Songs like 'Up To You', 'Has Anybody Seen Her' and 'Telegram', all taken from their current 'Debt And Departure' album, spark and spit like damp logs on a fire. And at the centre of it all, Shouse, with his laconic chat and dead-eyed lyrical precision, stands stock still while it all rages around him. It's hardly the ideal introduction to the Super Furries, but as the Souls' set grinds ever onwards, the impatience of some of the crowd means that when Gruff and co finally do hit the stage, they're met with near hysterical screaming.

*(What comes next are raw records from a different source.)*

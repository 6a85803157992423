// A schedule that is lent as words, written as its text.
#![tactic(auto)]

ghost use Rattle.std.specs.Prelude.{◌≡◌, ◌+◌, ◌≤◌, length};
ghost use Rattle.heads.specs.Put.{Put};
ghost use Rattle.text.specs.Reading.{line_answer};
ghost use Rattle.writing.specs.Writing.{event_in, opening_in, writing, written_answer};
ghost use Rattle.writing.specs.Parts.{lengths_in, lines_in, whole_text, measuring};
ghost use Rattle.writing.specs.declared.WriteError.TheVariants.{Line};

use text::{BadLine, Event, LONGEST, Opening};
use words::{Level, Node, Queue};

// Why no text was written.
#[derive(Clone, Copy, PartialEq, Eq, Debug)]
pub enum WriteError {
    // 13: the line that has no text, or 0 where the text is too long.
    Line(BadLine),
    // 12
    NoRoom,
}

impl From<BadLine> for WriteError {
    ghost from_gives = { λ bad e. e ≡ Line bad };

    fn from(bad: BadLine) -> WriteError {
        WriteError::Line(bad)
    }
}

// The event at a place: 1 level queue node, 2 level queue, or 3 count; with the place after its words.
// kept: an event's kind as a number among the lent words, whose meaning may not change (`event_words`).
#[tactic(auto, using(crate::specs::Laws::kinds), unfolding(crate::specs::Writing::event_in, crate::specs::Writing::is_kind))]
fn event_in(words: &[u16], at: usize) -> Option<(Event, usize)>
    requires { at ≤ length words.now }
    ensures { result ≡ event_in words.now at }
{
    match &words[at..] {
        [1, l, q, n, ..] => Some((Event::Enqueue(Level(*l), Queue(*q), Node(*n)), at + 4)),
        [2, l, q, ..] => Some((Event::Dequeue(Level(*l), Queue(*q)), at + 3)),
        [3, count, ..] if 1 <= *count => Some((Event::Steps(*count), at + 2)),
        _ => None,
    }
}

// kept: by place: a slice pattern would want an else that never runs, as the words are there.
fn opening_in(words: &[u16]) -> Opening
    requires { 4 ≤ length words.now }
    ensures { result ≡ opening_in words.now }
{
    Opening {
        levels: words[0],
        queues: words[1],
        nodes: words[2],
        events: words[3],
    }
}

// The length of a text that starts with so many bytes and has so many events after them.
// kept: measured and written in two walks: the first may meet a wrong line, the second meets none and has room (lengths_in, lines_in).
// kept: no Display, as in lines; and words with a place in them, from 4 on, as the definitions count (lengths_in, lines_in).
#[tactic(auto, using(crate::specs::Laws::lengths), unfolding(text::specs::Reading::line_answer))]
fn measure_events(words: &[u16], start: usize, count: u16) -> Result<usize, BadLine>
    requires { (4 ≤ length words.now) × (start ≤ 26) }
    ensures { line_answer result ≡ lengths_in start count 6 words.now 4 }
{
    let mut n = start;
    let mut at = 4;
    for line in 6..6 + usize::from(count) {
        let (e, next) = event_in(words, at).ok_or(BadLine(line))?;
        n += lines::event_length(e);
        at = next;
    }
    Ok(n)
}

#[tactic(auto, using(crate::specs::Laws::measures), unfolding(text::specs::Reading::line_answer, crate::specs::Writing::no_text))]
fn measure(words: &[u16]) -> Result<usize, BadLine>
    ensures { line_answer result ≡ measuring words.now }
{
    if words.len() < 4 {
        return Err(BadLine(words.len() + 2));
    }
    let o = opening_in(words);
    let n = measure_events(words, lines::opening_length(o), o.events)?;
    if LONGEST < n {
        return Err(BadLine(0));
    }
    Ok(n)
}

#[tactic(auto, using(crate::specs::Laws::puts))]
fn write_events(room: &mut [u8], place: usize, words: &[u16], count: u16) -> usize
    requires { (4 ≤ length words.now) × (place + length (lines_in count words.now 4) ≤ length room.old) }
    ensures { Put result room.new room.old place (lines_in count words.now 4) }
{
    let mut to = place;
    let mut at = 4;
    for _ in 0..count {
        let Some((e, next)) = event_in(words, at) else {
            return to;
        };
        to = lines::write_event(room, to, e);
        at = next;
    }
    to
}

#[tactic(auto, using(crate::specs::Laws::wholes))]
fn write_text(room: &mut [u8], words: &[u16]) -> usize
    requires { (4 ≤ length words.now) × (length (whole_text words.now) ≤ length room.old) }
    ensures { Put result room.new room.old 0 (whole_text words.now) }
{
    let o = opening_in(words);
    let at = lines::write_opening(room, 0, o);
    write_events(room, at, words, o.events)
}

// The words are L, Q, N, the count of events and then each event. The answer is the text's length.
#[tactic(auto, using(crate::specs::Laws::ends), unfolding(text::specs::Reading::line_answer, crate::specs::Writing::written_answer))]
pub fn write_schedule(words: &[u16], room: &mut [u8]) -> Result<usize, WriteError>
    ensures { writing words.now room.old ≡ (written_answer result, room.new) }
{
    let n = measure(words)?;
    if room.len() < n {
        return Err(WriteError::NoRoom);
    }
    Ok(write_text(room, words))
}
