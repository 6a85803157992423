// The table's words as functions, and one step of it so seen: theory only.
#![tactic(auto)]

This immediately takes them by surprise: a) because they're starting with the esoteric techno of 'Wherever I Lay My Phone (That's My Home)', a song that approximately seven people in America have ever heard, and b) by this time it's 12.30am and, having smoked themselves blue earlier in the evening, any high-pitched noise not made by the band themselves is bound to cause confusion. Still, such a reception visibly relaxes them, and what follows is one of the best gigs they've played this year.
Joined by a horn section hired that morning - consisting of one very small woman in glasses and one very tall man in sunglasses, both in nun's costumes - they proceed to stretch, bend and elongate the songs from 'Guerrilla' until they're barely recognisable. 'Night Vision' is a ragged psychedelic cough featuring Gruff staring intently at his knees, 'Northern Lites' is as golden and symphonic as it is on record and when they finally arrive at 'The Man Don't Give A Fuck', they're determined to make it last longer than any song has ever lasted before.
Twenty minutes later, the venue is all but deserted, but the tapes are still spewing out looped vocals and keyboard static. The Furries, meanwhile, are getting on a bus and heading south to Washington. They might not have broken the US yet, but they're fast letting it know how it sounds to be cracked.